WHAT IS BEING ASKED:
Search the material for the word "crates" and copy each line that holds it.

THE DATA:
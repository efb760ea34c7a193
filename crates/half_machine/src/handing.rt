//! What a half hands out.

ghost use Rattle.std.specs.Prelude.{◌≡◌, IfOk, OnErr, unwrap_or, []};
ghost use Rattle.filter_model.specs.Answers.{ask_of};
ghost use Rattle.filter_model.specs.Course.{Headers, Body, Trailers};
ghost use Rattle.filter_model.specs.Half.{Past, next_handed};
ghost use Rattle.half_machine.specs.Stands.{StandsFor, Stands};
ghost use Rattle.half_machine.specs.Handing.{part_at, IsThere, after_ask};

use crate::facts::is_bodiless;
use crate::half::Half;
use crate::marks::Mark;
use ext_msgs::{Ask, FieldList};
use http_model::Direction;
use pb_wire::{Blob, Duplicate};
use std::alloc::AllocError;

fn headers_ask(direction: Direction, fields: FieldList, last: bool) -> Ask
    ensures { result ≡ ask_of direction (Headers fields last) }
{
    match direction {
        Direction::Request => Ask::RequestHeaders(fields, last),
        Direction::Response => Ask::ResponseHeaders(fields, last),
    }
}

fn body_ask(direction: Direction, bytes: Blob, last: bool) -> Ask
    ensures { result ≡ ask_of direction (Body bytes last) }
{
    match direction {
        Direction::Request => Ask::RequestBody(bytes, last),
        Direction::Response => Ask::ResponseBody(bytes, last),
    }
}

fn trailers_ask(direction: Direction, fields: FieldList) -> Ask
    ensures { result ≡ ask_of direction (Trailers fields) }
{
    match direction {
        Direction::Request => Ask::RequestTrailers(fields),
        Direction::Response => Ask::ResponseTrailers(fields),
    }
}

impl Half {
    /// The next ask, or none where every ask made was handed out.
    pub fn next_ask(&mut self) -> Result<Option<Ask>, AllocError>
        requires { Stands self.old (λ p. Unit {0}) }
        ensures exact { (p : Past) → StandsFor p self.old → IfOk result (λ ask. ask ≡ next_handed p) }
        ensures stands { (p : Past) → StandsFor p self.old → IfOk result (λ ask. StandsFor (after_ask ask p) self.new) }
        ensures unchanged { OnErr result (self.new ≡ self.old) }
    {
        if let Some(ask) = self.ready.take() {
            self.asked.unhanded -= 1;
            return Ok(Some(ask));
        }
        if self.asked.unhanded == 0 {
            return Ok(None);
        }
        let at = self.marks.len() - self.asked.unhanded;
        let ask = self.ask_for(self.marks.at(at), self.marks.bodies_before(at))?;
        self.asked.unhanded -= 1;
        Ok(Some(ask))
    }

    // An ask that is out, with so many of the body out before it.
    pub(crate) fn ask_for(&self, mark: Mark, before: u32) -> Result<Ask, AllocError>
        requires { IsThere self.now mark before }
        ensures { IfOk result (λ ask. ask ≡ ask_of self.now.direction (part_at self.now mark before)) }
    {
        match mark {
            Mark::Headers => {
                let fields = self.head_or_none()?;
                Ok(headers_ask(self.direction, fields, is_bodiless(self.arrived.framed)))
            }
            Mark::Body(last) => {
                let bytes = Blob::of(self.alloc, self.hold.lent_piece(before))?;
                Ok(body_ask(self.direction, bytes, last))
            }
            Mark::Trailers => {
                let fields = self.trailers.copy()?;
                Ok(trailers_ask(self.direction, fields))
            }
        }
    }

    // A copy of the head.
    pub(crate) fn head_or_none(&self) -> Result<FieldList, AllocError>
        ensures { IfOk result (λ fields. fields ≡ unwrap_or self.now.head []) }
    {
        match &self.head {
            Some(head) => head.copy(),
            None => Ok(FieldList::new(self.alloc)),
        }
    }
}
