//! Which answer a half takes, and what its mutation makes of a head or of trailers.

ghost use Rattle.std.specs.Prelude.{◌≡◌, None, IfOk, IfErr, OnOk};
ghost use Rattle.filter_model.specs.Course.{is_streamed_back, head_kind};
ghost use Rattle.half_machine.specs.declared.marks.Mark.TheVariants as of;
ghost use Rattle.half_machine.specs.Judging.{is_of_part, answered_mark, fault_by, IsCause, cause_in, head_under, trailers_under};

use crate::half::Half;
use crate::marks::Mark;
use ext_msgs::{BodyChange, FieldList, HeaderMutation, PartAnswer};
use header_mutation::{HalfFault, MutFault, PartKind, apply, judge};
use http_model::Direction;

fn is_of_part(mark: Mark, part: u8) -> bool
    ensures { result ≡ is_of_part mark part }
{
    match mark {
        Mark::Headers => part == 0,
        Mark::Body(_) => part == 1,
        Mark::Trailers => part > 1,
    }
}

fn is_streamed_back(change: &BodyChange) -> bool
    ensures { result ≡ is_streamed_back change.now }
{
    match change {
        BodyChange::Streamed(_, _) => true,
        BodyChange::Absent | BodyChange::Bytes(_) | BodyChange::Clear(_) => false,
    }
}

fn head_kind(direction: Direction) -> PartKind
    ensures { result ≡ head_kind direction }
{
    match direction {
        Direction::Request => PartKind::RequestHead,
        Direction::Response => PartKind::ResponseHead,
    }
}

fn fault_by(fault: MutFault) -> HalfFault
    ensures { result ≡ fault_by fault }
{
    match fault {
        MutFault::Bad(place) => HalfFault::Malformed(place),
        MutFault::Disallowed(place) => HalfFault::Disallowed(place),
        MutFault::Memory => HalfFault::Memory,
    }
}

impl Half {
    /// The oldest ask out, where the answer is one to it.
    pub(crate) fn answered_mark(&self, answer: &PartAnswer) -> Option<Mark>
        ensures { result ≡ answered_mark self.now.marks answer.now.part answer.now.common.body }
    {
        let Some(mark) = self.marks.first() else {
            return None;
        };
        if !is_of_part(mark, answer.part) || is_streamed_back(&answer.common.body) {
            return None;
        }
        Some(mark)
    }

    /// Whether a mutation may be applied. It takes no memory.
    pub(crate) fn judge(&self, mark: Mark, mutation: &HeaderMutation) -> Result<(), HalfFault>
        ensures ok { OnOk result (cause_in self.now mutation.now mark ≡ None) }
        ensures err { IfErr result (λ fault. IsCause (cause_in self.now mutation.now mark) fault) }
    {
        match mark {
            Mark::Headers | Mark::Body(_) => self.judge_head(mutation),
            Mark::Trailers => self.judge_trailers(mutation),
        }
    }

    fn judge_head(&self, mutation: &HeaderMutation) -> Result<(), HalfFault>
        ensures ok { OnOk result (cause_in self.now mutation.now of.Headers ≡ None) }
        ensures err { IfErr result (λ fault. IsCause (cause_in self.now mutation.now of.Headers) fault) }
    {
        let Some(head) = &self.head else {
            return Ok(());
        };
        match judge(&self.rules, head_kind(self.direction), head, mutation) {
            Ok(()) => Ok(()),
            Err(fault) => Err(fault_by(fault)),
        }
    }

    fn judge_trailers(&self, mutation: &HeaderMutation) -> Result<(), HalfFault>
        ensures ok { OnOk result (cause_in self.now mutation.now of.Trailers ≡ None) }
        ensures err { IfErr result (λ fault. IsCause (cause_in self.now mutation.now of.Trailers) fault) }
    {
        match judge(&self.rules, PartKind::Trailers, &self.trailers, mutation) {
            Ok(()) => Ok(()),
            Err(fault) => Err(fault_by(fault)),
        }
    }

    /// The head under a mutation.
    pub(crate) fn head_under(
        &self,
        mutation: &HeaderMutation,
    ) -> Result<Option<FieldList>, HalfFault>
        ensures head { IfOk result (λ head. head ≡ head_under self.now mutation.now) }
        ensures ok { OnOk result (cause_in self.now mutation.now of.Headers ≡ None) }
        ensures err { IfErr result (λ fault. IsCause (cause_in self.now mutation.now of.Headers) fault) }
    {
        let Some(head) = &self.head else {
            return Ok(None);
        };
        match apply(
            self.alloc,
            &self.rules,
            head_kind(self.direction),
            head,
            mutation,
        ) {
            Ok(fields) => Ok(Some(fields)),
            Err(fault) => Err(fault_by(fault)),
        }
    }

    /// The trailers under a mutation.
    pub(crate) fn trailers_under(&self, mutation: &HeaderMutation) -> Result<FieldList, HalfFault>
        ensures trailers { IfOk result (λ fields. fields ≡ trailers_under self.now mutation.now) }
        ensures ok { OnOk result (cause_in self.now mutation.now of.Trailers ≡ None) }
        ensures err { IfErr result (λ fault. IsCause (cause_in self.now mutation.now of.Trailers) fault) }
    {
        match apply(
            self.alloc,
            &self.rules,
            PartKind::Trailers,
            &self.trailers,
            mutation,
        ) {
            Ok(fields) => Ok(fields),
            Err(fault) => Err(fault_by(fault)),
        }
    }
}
* * *
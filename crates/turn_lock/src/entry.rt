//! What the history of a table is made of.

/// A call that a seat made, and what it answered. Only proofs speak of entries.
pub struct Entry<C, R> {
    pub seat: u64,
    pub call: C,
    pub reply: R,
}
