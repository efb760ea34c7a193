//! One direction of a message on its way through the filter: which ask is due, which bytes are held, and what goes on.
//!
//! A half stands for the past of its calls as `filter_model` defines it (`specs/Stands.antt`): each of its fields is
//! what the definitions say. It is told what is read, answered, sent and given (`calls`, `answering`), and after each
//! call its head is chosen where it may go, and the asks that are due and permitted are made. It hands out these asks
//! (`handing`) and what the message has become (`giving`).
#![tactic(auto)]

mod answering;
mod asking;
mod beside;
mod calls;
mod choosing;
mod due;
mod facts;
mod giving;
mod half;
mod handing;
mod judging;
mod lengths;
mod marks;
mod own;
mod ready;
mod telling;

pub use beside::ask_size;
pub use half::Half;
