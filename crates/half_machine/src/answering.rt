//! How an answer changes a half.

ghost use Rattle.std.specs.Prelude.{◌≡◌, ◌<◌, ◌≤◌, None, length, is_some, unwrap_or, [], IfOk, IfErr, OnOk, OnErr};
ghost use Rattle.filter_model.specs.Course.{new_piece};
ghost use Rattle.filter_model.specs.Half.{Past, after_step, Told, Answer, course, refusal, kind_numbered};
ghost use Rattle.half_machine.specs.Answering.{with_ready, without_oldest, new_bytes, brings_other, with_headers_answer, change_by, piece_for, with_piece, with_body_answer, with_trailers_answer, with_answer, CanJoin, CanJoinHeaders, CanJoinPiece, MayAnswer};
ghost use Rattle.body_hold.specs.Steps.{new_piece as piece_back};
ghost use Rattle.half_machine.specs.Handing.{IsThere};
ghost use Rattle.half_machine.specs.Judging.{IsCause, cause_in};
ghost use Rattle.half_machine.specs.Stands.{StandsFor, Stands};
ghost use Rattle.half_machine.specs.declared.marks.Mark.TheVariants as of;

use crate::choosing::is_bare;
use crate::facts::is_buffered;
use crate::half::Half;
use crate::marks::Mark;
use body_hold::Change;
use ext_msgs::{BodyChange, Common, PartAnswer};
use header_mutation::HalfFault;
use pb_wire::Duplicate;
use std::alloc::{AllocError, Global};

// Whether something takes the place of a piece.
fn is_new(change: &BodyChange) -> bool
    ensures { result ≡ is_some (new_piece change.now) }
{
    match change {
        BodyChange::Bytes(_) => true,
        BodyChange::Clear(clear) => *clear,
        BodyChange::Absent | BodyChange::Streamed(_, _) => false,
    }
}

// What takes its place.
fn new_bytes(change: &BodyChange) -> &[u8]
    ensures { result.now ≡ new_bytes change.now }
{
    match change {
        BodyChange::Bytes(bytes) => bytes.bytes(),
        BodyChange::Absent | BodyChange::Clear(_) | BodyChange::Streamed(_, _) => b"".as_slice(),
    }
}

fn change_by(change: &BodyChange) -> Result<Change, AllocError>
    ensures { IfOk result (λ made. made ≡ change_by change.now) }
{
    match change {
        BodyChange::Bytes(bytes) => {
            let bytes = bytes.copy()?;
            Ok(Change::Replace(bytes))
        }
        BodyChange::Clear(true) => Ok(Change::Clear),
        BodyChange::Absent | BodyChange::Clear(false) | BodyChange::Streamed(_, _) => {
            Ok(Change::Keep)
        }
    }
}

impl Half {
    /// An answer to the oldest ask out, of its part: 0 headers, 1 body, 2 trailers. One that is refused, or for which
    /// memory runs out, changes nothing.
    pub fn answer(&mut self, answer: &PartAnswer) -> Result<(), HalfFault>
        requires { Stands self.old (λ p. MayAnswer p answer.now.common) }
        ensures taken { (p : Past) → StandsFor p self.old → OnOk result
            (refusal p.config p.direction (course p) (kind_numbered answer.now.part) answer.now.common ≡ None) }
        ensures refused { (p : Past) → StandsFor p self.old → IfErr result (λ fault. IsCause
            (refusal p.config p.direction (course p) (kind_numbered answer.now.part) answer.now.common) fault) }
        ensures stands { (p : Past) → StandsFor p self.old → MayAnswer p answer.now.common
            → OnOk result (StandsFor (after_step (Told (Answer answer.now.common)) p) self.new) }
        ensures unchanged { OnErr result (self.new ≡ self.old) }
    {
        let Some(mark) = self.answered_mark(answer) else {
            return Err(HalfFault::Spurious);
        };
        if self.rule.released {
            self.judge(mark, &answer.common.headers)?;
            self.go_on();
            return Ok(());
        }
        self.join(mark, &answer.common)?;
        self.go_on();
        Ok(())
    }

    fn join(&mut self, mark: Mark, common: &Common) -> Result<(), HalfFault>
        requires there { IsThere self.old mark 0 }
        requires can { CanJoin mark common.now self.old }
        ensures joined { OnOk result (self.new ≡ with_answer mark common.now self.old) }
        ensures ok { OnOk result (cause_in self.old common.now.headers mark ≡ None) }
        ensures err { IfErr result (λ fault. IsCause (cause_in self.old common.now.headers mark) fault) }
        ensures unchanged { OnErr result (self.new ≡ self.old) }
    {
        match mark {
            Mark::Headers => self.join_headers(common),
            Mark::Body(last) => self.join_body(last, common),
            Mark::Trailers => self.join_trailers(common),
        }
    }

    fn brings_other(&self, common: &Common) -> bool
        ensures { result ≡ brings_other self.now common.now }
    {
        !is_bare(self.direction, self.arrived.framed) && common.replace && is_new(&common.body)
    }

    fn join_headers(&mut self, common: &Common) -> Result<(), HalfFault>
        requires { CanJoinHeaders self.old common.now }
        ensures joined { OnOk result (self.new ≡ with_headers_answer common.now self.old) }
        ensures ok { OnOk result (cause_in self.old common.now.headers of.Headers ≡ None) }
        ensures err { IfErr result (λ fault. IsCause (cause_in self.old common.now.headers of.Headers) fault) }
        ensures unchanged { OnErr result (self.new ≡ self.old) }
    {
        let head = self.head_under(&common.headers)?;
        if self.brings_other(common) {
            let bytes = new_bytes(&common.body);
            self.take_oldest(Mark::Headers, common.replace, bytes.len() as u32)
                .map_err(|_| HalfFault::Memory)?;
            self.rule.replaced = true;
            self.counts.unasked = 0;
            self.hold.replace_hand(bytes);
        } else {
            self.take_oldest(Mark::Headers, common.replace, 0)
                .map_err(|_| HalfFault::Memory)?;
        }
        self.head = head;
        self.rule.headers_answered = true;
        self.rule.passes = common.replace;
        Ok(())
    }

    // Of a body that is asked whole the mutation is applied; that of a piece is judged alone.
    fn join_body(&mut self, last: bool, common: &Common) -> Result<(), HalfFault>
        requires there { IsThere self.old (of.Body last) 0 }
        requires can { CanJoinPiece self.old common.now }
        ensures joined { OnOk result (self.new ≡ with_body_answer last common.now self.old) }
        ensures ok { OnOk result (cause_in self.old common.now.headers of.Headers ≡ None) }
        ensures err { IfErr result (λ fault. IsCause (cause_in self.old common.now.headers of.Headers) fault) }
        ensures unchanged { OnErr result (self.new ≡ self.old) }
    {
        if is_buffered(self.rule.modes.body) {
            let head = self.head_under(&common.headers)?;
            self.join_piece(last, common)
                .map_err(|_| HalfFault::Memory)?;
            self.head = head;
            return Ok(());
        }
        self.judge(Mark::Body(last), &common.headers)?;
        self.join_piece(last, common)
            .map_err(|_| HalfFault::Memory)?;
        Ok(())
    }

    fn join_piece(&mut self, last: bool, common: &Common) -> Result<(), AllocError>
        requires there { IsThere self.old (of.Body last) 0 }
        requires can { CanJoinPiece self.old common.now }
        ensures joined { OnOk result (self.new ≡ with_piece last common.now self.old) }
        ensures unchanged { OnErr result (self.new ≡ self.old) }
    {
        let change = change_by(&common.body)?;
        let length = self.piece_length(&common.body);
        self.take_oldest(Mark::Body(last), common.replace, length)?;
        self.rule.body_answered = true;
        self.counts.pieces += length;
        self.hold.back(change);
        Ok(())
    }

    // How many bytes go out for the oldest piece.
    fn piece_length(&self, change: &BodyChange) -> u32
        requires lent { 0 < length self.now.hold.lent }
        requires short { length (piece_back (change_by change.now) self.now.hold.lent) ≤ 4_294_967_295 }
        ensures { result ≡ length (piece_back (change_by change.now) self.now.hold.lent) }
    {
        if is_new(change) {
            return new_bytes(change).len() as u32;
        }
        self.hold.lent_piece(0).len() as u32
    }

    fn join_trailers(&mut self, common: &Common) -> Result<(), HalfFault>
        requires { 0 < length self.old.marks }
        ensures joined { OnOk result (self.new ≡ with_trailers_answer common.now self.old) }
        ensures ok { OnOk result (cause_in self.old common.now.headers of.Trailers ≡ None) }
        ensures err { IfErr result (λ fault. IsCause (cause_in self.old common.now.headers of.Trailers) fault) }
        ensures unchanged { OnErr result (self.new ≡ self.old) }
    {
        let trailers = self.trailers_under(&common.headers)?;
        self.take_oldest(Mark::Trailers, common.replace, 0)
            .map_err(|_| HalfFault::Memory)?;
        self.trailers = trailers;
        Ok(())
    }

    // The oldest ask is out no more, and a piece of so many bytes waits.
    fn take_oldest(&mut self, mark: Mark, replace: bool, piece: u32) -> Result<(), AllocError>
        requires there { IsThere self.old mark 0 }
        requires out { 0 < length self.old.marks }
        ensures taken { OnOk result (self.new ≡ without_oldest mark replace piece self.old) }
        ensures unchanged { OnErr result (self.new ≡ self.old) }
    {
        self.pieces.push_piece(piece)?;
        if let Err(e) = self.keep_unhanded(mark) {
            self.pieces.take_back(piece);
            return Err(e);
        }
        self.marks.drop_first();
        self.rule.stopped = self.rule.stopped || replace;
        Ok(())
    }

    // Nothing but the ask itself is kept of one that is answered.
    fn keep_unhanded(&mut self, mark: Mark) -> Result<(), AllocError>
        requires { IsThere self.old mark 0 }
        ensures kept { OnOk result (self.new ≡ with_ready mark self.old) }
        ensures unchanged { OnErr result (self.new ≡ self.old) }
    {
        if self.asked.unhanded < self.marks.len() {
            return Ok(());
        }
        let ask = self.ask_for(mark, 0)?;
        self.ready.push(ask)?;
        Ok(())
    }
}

WRITTEN SOLUTION:
filename crates/half_machine/src/handing.rt
filename crates/turn_lock/src/entry.rt
filename crates/half_machine/src/answering.rt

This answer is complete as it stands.